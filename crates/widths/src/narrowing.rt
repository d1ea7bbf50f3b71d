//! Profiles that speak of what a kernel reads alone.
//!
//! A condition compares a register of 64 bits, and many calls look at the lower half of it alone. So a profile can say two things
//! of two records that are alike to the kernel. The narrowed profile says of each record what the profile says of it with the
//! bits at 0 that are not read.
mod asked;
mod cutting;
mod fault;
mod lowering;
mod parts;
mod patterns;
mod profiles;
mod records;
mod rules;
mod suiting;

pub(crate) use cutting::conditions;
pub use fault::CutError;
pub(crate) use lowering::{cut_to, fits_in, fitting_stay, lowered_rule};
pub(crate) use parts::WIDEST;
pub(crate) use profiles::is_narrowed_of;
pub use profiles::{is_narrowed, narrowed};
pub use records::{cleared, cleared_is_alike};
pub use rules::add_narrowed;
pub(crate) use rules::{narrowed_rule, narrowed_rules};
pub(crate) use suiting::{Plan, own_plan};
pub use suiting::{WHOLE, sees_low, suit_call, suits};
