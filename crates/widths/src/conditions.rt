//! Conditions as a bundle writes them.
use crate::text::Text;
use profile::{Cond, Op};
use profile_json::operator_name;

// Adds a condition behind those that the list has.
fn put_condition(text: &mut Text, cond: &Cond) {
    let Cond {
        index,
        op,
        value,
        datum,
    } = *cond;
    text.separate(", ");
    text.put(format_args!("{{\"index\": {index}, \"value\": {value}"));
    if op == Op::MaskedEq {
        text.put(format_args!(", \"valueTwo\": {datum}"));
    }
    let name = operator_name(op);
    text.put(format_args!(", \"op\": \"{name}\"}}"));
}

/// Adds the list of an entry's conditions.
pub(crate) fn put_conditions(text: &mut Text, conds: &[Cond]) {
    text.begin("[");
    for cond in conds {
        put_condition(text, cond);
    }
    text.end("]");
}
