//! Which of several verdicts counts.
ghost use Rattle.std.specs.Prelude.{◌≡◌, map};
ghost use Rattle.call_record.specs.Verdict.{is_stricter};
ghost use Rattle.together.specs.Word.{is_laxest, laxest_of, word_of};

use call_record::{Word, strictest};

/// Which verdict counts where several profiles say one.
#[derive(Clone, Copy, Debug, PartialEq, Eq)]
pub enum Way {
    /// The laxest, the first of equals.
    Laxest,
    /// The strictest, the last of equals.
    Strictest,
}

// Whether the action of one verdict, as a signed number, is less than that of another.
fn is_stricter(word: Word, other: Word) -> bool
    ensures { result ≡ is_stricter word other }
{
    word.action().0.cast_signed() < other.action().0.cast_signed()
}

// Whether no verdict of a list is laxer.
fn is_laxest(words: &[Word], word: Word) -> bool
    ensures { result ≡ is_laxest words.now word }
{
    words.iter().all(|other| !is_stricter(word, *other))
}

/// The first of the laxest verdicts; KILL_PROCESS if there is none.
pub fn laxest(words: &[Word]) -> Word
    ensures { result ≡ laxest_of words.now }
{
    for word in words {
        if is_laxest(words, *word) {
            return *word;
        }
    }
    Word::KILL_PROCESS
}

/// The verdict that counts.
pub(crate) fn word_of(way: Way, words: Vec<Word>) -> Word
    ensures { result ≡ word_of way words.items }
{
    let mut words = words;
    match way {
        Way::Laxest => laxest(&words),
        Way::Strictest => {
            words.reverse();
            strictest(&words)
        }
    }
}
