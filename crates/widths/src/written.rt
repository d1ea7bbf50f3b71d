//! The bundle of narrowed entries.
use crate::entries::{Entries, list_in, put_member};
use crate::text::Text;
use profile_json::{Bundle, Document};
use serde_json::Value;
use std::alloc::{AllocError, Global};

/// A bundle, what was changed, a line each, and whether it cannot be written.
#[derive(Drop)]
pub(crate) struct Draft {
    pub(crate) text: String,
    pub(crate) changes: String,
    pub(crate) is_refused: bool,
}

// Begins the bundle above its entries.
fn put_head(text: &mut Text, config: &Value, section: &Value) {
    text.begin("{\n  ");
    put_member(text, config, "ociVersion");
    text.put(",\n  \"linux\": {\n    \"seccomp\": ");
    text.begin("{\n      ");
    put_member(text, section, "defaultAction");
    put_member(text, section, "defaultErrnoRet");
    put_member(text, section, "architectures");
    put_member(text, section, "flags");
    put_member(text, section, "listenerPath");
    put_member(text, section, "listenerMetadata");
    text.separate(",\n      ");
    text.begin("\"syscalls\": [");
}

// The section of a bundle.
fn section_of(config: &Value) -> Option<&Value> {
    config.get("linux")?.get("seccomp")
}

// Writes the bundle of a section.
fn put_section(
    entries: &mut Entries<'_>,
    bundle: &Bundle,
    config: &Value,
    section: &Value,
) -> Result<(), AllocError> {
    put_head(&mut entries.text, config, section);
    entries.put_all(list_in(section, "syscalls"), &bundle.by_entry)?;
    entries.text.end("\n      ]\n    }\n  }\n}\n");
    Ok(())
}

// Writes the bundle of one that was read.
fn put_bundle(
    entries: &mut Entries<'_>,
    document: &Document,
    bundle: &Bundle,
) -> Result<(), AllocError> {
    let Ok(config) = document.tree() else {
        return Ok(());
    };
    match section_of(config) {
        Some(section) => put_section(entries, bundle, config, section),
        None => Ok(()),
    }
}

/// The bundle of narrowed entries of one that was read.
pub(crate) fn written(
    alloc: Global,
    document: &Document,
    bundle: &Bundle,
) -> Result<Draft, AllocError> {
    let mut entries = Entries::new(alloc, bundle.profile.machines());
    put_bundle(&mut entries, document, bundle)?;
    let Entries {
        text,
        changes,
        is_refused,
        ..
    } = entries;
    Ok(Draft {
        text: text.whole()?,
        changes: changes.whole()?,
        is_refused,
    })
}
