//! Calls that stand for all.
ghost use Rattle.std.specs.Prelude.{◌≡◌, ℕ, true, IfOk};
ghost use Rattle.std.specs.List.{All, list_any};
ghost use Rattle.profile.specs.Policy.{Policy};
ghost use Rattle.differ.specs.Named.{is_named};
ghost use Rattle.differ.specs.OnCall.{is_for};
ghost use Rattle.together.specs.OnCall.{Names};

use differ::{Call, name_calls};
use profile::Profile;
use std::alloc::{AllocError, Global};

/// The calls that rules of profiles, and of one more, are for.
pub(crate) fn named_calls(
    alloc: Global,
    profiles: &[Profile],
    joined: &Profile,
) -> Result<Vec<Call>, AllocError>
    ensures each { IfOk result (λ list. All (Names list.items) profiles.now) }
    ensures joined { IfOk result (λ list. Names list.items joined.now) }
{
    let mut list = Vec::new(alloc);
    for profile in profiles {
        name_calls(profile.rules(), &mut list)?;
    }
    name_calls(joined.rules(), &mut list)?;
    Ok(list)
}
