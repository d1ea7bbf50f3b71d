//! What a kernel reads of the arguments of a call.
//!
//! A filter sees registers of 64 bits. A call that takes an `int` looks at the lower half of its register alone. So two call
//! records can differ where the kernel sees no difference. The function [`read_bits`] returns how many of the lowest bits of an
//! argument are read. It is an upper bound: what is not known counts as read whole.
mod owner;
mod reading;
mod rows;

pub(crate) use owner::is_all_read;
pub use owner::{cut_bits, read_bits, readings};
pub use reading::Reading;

════════════════

Keeping each line intact, set down the entire listing once more.

filename crates/widths/src/narrowing.rt
repository d1ea7bbf50f3b71d
//! Profiles that speak of what a kernel reads alone.
//!
//! A condition compares a register of 64 bits, and many calls look at the lower half of it alone. So a profile can say two things
//! of two records that are alike to the kernel. The narrowed profile says of each record what the profile says of it with the
//! bits at 0 that are not read.
mod asked;
mod cutting;
mod fault;
mod lowering;
mod parts;
mod patterns;
mod profiles;
mod records;
mod rules;
mod suiting;

pub(crate) use cutting::conditions;
pub use fault::CutError;
pub(crate) use lowering::{cut_to, fits_in, fitting_stay, lowered_rule};
pub(crate) use parts::WIDEST;
pub(crate) use profiles::is_narrowed_of;
pub use profiles::{is_narrowed, narrowed};
pub use records::{cleared, cleared_is_alike};
pub use rules::add_narrowed;
pub(crate) use rules::{narrowed_rule, narrowed_rules};
pub(crate) use suiting::{Plan, own_plan};
pub use suiting::{WHOLE, sees_low, suit_call, suits};
filename crates/widths/src/conditions.rt
//! Conditions as a bundle writes them.
use crate::text::Text;
use profile::{Cond, Op};
use profile_json::operator_name;

// Adds a condition behind those that the list has.
fn put_condition(text: &mut Text, cond: &Cond) {
    let Cond {
        index,
        op,
        value,
        datum,
    } = *cond;
    text.separate(", ");
    text.put(format_args!("{{\"index\": {index}, \"value\": {value}"));
    if op == Op::MaskedEq {
        text.put(format_args!(", \"valueTwo\": {datum}"));
    }
    let name = operator_name(op);
    text.put(format_args!(", \"op\": \"{name}\"}}"));
}

/// Adds the list of an entry's conditions.
pub(crate) fn put_conditions(text: &mut Text, conds: &[Cond]) {
    text.begin("[");
    for cond in conds {
        put_condition(text, cond);
    }
    text.end("]");
}
//! Which of several verdicts counts.
ghost use Rattle.std.specs.Prelude.{◌≡◌, map};
ghost use Rattle.call_record.specs.Verdict.{is_stricter};
ghost use Rattle.together.specs.Word.{is_laxest, laxest_of, word_of};

use call_record::{Word, strictest};

/// Which verdict counts where several profiles say one.
#[derive(Clone, Copy, Debug, PartialEq, Eq)]
pub enum Way {
    /// The laxest, the first of equals.
    Laxest,
    /// The strictest, the last of equals.
    Strictest,
}

// Whether the action of one verdict, as a signed number, is less than that of another.
fn is_stricter(word: Word, other: Word) -> bool
    ensures { result ≡ is_stricter word other }
{
    word.action().0.cast_signed() < other.action().0.cast_signed()
}

// Whether no verdict of a list is laxer.
fn is_laxest(words: &[Word], word: Word) -> bool
    ensures { result ≡ is_laxest words.now word }
{
    words.iter().all(|other| !is_stricter(word, *other))
}

/// The first of the laxest verdicts; KILL_PROCESS if there is none.
pub fn laxest(words: &[Word]) -> Word
    ensures { result ≡ laxest_of words.now }
{
    for word in words {
        if is_laxest(words, *word) {
            return *word;
        }
    }
    Word::KILL_PROCESS
}

/// The verdict that counts.
pub(crate) fn word_of(way: Way, words: Vec<Word>) -> Word
    ensures { result ≡ word_of way words.items }
{
    let mut words = words;
    match way {
        Way::Laxest => laxest(&words),
        Way::Strictest => {
            words.reverse();
            strictest(&words)
        }
    }
}
filename crates/widths/src/written.rt
repository d1ea7bbf50f3b71d
//! The bundle of narrowed entries.
use crate::entries::{Entries, list_in, put_member};
use crate::text::Text;
use profile_json::{Bundle, Document};
use serde_json::Value;
use std::alloc::{AllocError, Global};

/// A bundle, what was changed, a line each, and whether it cannot be written.
#[derive(Drop)]
pub(crate) struct Draft {
    pub(crate) text: String,
    pub(crate) changes: String,
    pub(crate) is_refused: bool,
}

// Begins the bundle above its entries.
fn put_head(text: &mut Text, config: &Value, section: &Value) {
    text.begin("{\n  ");
    put_member(text, config, "ociVersion");
    text.put(",\n  \"linux\": {\n    \"seccomp\": ");
    text.begin("{\n      ");
    put_member(text, section, "defaultAction");
    put_member(text, section, "defaultErrnoRet");
    put_member(text, section, "architectures");
    put_member(text, section, "flags");
    put_member(text, section, "listenerPath");
    put_member(text, section, "listenerMetadata");
    text.separate(",\n      ");
    text.begin("\"syscalls\": [");
}

// The section of a bundle.
fn section_of(config: &Value) -> Option<&Value> {
    config.get("linux")?.get("seccomp")
}

// Writes the bundle of a section.
fn put_section(
    entries: &mut Entries<'_>,
    bundle: &Bundle,
    config: &Value,
    section: &Value,
) -> Result<(), AllocError> {
    put_head(&mut entries.text, config, section);
    entries.put_all(list_in(section, "syscalls"), &bundle.by_entry)?;
    entries.text.end("\n      ]\n    }\n  }\n}\n");
    Ok(())
}

// Writes the bundle of one that was read.
fn put_bundle(
    entries: &mut Entries<'_>,
    document: &Document,
    bundle: &Bundle,
) -> Result<(), AllocError> {
    let Ok(config) = document.tree() else {
        return Ok(());
    };
    match section_of(config) {
        Some(section) => put_section(entries, bundle, config, section),
        None => Ok(()),
    }
}

/// The bundle of narrowed entries of one that was read.
pub(crate) fn written(
    alloc: Global,
    document: &Document,
    bundle: &Bundle,
) -> Result<Draft, AllocError> {
    let mut entries = Entries::new(alloc, bundle.profile.machines());
    put_bundle(&mut entries, document, bundle)?;
    let Entries {
        text,
        changes,
        is_refused,
        ..
    } = entries;
    Ok(Draft {
        text: text.whole()?,
        changes: changes.whole()?,
        is_refused,
    })
}
//! Calls that stand for all.
ghost use Rattle.std.specs.Prelude.{◌≡◌, ℕ, true, IfOk};
ghost use Rattle.std.specs.List.{All, list_any};
ghost use Rattle.profile.specs.Policy.{Policy};
ghost use Rattle.differ.specs.Named.{is_named};
ghost use Rattle.differ.specs.OnCall.{is_for};
ghost use Rattle.together.specs.OnCall.{Names};

use differ::{Call, name_calls};
use profile::Profile;
use std::alloc::{AllocError, Global};

/// The calls that rules of profiles, and of one more, are for.
pub(crate) fn named_calls(
    alloc: Global,
    profiles: &[Profile],
    joined: &Profile,
) -> Result<Vec<Call>, AllocError>
    ensures each { IfOk result (λ list. All (Names list.items) profiles.now) }
    ensures joined { IfOk result (λ list. Names list.items joined.now) }
{
    let mut list = Vec::new(alloc);
    for profile in profiles {
        name_calls(profile.rules(), &mut list)?;
    }
    name_calls(joined.rules(), &mut list)?;
    Ok(list)
}
repository d1ea7bbf50f3b71d
//! What a kernel reads of the arguments of a call.
//!
//! A filter sees registers of 64 bits. A call that takes an `int` looks at the lower half of its register alone. So two call
//! records can differ where the kernel sees no difference. The function [`read_bits`] returns how many of the lowest bits of an
//! argument are read. It is an upper bound: what is not known counts as read whole.
mod owner;
mod reading;
mod rows;

pub(crate) use owner::is_all_read;
pub use owner::{cut_bits, read_bits, readings};
pub use reading::Reading;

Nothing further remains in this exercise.